Saved data entries:
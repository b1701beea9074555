//! Integer constants (C11 6.4.4.1).
ghost use Rattle.std.specs.Prelude.{◌≡◌, true, false, drop, MatchOption};
ghost use Rattle.cx_condition.specs.Constants.{begins_hexadecimal, begins_with_zero, constant_of, integer_constant, is_unsigned_suffix, long_front, long_front_of, suffix_of, suffixed, unsigned_ended, unsigned_or_ended};

use crate::bytes::first;
use crate::digits::{Base, begins_with_digit, digits};

/// How long the type is that a suffix asks for.
#[derive(Clone, Copy, Debug, PartialEq, Eq)]
pub enum Length {
    Plain,
    Long,
    LongLong,
}

/// An integer constant.
#[derive(Clone, Copy, Debug, PartialEq, Eq)]
pub struct IntegerConstant {
    pub value: u64,
    pub base: Base,
    /// Whether its suffix has `u` or `U`.
    pub is_unsigned: bool,
    pub length: Length,
}

// What the suffix of a constant says (C11 6.4.4.1).
#[derive(Clone, Copy)]
struct Suffix {
    is_unsigned: bool,
    length: Length,
}

fn is_unsigned_suffix(byte: u8) -> bool
    ensures { result ≡ is_unsigned_suffix byte }
{
    byte == b'u' || byte == b'U'
}

// The length that the front of a text tells, and what is behind that.
#[tactic(auto, unfolding(crate::specs::Constants::long_front))]
fn long_front<'a>(text: &'a [u8]) -> (Length, &'a [u8])
    ensures { long_front text.now ≡ long_front_of result.0 result.1.now }
{
    let Some((letter, more)) = first(text) else {
        return (Length::Plain, text);
    };
    if letter != b'l' && letter != b'L' {
        return (Length::Plain, text);
    }
    let Some((next, rest)) = first(more) else {
        return (Length::Long, more);
    };
    if letter == next {
        return (Length::LongLong, rest);
    }
    (Length::Long, more)
}

// What is left behind an unsigned suffix.
fn unsigned_ended(text: &[u8]) -> Option<Suffix>
    ensures { result ≡ unsigned_ended (long_front text.now) }
{
    let (length, rest) = long_front(text);
    if !rest.is_empty() {
        return None;
    }
    Some(Suffix {
        is_unsigned: true,
        length,
    })
}

// A suffix that does not begin with an unsigned one.
fn unsigned_or_ended(text: &[u8]) -> Option<Suffix>
    ensures { result ≡ unsigned_or_ended (long_front text.now) }
{
    let (length, rest) = long_front(text);
    let Some((letter, more)) = first(rest) else {
        return Some(Suffix {
            is_unsigned: false,
            length,
        });
    };
    if !more.is_empty() || !is_unsigned_suffix(letter) {
        return None;
    }
    Some(Suffix {
        is_unsigned: true,
        length,
    })
}

#[tactic(auto, unfolding(crate::specs::Constants::suffix_of))]
fn suffix_of(text: &[u8]) -> Option<Suffix>
    ensures { result ≡ suffix_of text.now }
{
    let Some((letter, rest)) = first(text) else {
        return Some(Suffix {
            is_unsigned: false,
            length: Length::Plain,
        });
    };
    if is_unsigned_suffix(letter) {
        return unsigned_ended(rest);
    }
    unsigned_or_ended(text)
}

#[tactic(auto, unfolding(crate::specs::Constants::suffixed))]
fn suffixed(base: Base, value: u64, text: &[u8]) -> Option<IntegerConstant>
    ensures { result ≡ suffixed base value text.now }
{
    let suffix = suffix_of(text)?;
    Some(IntegerConstant {
        value,
        base,
        is_unsigned: suffix.is_unsigned,
        length: suffix.length,
    })
}

#[tactic(auto, unfolding(crate::specs::Constants::begins_with_zero))]
fn begins_with_zero(text: &[u8]) -> bool
    ensures { result ≡ begins_with_zero text.now }
{
    let Some((byte, _)) = first(text) else {
        return false;
    };
    byte == b'0'
}

// What is behind `0x` or `0X`.
#[tactic(auto, unfolding(crate::specs::Constants::begins_hexadecimal))]
fn after_prefix<'a>(text: &'a [u8]) -> Option<&'a [u8]>
    ensures { MatchOption result (begins_hexadecimal text.now ≡ false) (λ rest.
        (begins_hexadecimal text.now ≡ true) × (rest.now ≡ drop 2 text.now)) }
{
    let (zero, more) = first(text)?;
    let (letter, rest) = first(more)?;
    if zero == b'0' && (letter == b'x' || letter == b'X') {
        return Some(rest);
    }
    None
}

#[tactic(auto, using(crate::proofs::DigitLaws::constant_none, crate::proofs::DigitLaws::constant_great, crate::proofs::DigitLaws::constant_some))]
fn constant_of(base: Base, text: &[u8]) -> Option<IntegerConstant>
    ensures { result ≡ constant_of base text.now }
{
    if !begins_with_digit(base, text) {
        return None;
    }
    let (value, rest) = digits(base, text)?;
    suffixed(base, value, rest)
}

/// The integer constant that a text spells, or `None` where it spells none, or one of a value
/// above 18446744073709551615.
#[tactic(auto, unfolding(crate::specs::Constants::integer_constant))]
pub fn integer_constant(text: &[u8]) -> Option<IntegerConstant>
    ensures { result ≡ integer_constant text.now }
{
    if let Some(digits) = after_prefix(text) {
        return constant_of(Base::Hexadecimal, digits);
    }
    if begins_with_zero(text) {
        return constant_of(Base::Octal, text);
    }
    constant_of(Base::Decimal, text)
}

Exercise prompt:
Only a number is expected here: the tally of lines above that contain "drop". Please write nothing more.

Written solution:
2